All these technologies, whether defined in XML (XLinks, XSLT, Namespaces, Schemas, XHTML, and RDDL) or in another syntax (XPointers, XPath, SAX, and DOM), are used in many different XML applications.

This book does not specifically cover XML applications that are relevant to only some users of XML, such as:

SVG
Scalable Vector Graphics, a W3C-endorsed standard XML encoding of line art.

MathML
The Mathematical Markup Language, a W3C-endorsed standard XML application used for embedding equations in web pages and other documents.

RDF
The Resource Description Framework, a W3C-standard XML application used for describing resources, with a particular focus on the sort of metadata one might find in a library card catalog.

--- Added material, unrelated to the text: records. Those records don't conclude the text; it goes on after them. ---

//! A program of one's own over the crates: it reads a city and its parcels, makes an edit, locates a point, and prints
//! twice the area of each parcel. `docs/library.md` goes through it.
#![tactic(auto)]

ghost use Rattle.std.specs.Prelude.{◌≡◌};
ghost use Rattle.edge_chains.specs.Net.{area2_of_rings};
ghost use Rattle.fabric_core.specs.Tiling.{corner_lists};

use anyhow::{Context, Result, bail};
use fabric_core::{At, City, Fabric, Layer};
use geo_exact::{Corner, LIST_CORNERS, Unit, area2};
use ring_edits::Edit;
use shp_files::{a_layer_file_is_within_the_limits, read_layer};
use std::alloc::Allocator;
use std::{env, fs};

/// The only ring of a city's file.
fn city_of<'h, H: Allocator>(heap: &'h H, main: &[u8]) -> Result<City<'h, H>> {
    let Ok(mut rings) = read_layer(heap, main, None, Unit::Cm) else {
        bail!("the city's file is damaged");
    };
    let Some(ring) = rings.pop() else {
        bail!("the city's file has no polygon");
    };
    match City::new(heap, ring) {
        Ok(city) => Ok(city),
        Err(_) => bail!("the city's ring is not simple"),
    }
}

/// The parcels of a file, opened to be edited. A layer that does not tile the city is refused.
fn fabric_of<'h, H: Allocator>(
    heap: &'h H,
    city: &City<'h, H>,
    main: &[u8],
) -> Result<Fabric<'h, H>> {
    let Ok(rings) = read_layer(heap, main, None, Unit::Cm) else {
        bail!("the parcels' file is damaged");
    };
    // What `Layer::load` requires of the rings is what `read_layer` says of them.
    a_layer_file_is_within_the_limits();
    let Ok(layer) = Layer::load(heap, city, rings) else {
        bail!("the parcels do not tile the city");
    };
    match Fabric::open(layer) {
        Ok(fabric) => Ok(fabric),
        Err(_) => bail!("out of memory"),
    }
}

/// Twice the area of all parcels together, in square millimetres.
///
/// It adds nothing up: at each moment a fabric's parcels tile its city, so that their areas sum to the city's. The
/// contract is proved from the fabric's own promise, which `use_invariant` brings in.
fn area2_of_parcels<H: Allocator>(fabric: &Fabric<'_, H>) -> i128
    ensures sums { result ≡ area2_of_rings (corner_lists fabric.now.now.rows) }
{
    fabric.use_invariant();
    area2(fabric.city())
}

/// Unites two parcels, and prints what became of them.
fn unite<'h, R: Print, H: Allocator>(
    rt: &R,
    fabric: &mut Fabric<'h, H>,
    a: u64,
    b: u64,
) -> Result<()> {
    match fabric.edit(1, &Edit::Merge { a, b }) {
        Ok(entry) => println!(rt; "entry {}: {a} and {b} are united", entry.number())?,
        Err(_) => println!(rt; "{a} and {b} are not united")?,
    }
    Ok(())
}

/// Prints where a point lies.
fn say_where<R: Print, H: Allocator>(rt: &R, fabric: &Fabric<'_, H>, point: Corner) -> Result<()> {
    match fabric.locate(point)? {
        At::Inside(id) => println!(rt; "({}, {}) is inside parcel {id}", point.x, point.y)?,
        At::OnEdge(_) => println!(rt; "({}, {}) is on an edge", point.x, point.y)?,
        At::Outside => println!(rt; "({}, {}) is outside", point.x, point.y)?,
    }
    Ok(())
}

/// Prints twice the area of each parcel.
fn say_areas<R: Print, H: Allocator>(rt: &R, fabric: &Fabric<'_, H>) -> Result<()> {
    for id in fabric.ids() {
        if let Some(ring) = fabric.ring(id) {
            let corners = ring.corners.as_slice();
            // What `area2` requires. No parcel has so many corners; to test it is the shortest proof.
            if corners.len() <= LIST_CORNERS {
                println!(rt; "parcel {id}: {}", area2(corners))?;
            }
        }
    }
    Ok(())
}

fn main(rt: HostRuntime) -> Result<()> {
    let mut words = Vec::new(rt.alloc());
    for word in env::args(&rt)? {
        words.push(word)?;
    }
    let [_, city, parcels] = words.as_slice() else {
        bail!("usage: own_program CITY PARCELS");
    };
    let heap = rt.alloc();
    let city = city_of(&heap, &fs::read(&rt, city).context("reading the city")?)?;
    let parcels = fs::read(&rt, parcels).context("reading the parcels")?;
    let mut fabric = fabric_of(&heap, &city, &parcels)?;
    unite(&rt, &mut fabric, 4, 5)?;
    unite(&rt, &mut fabric, 1, 5)?;
    if let Some(point) = Corner::new(100_000, 60_000) {
        say_where(&rt, &fabric, point)?;
    }
    say_areas(&rt, &fabric)?;
    println!(rt; "all: {}", area2_of_parcels(&fabric))?;
    Ok(())
}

Occasionally we use one or more of these applications in an example, but we do not cover all aspects of the relevant vocabulary in depth. While interesting and important, these applications (and hundreds more like them) are intended primarily for use with special software that knows their format intimately. For instance, most graphic designers do not work directly with SVG. Instead, they use their customary tools, such as Adobe Illustrator, to create SVG documents. They may not even know they're using XML.

This book focuses on standards that are relevant to almost all developers working with XML. We investigate XML technologies that span a wide range of XML applications, not those that are relevant only within a few restricted domains.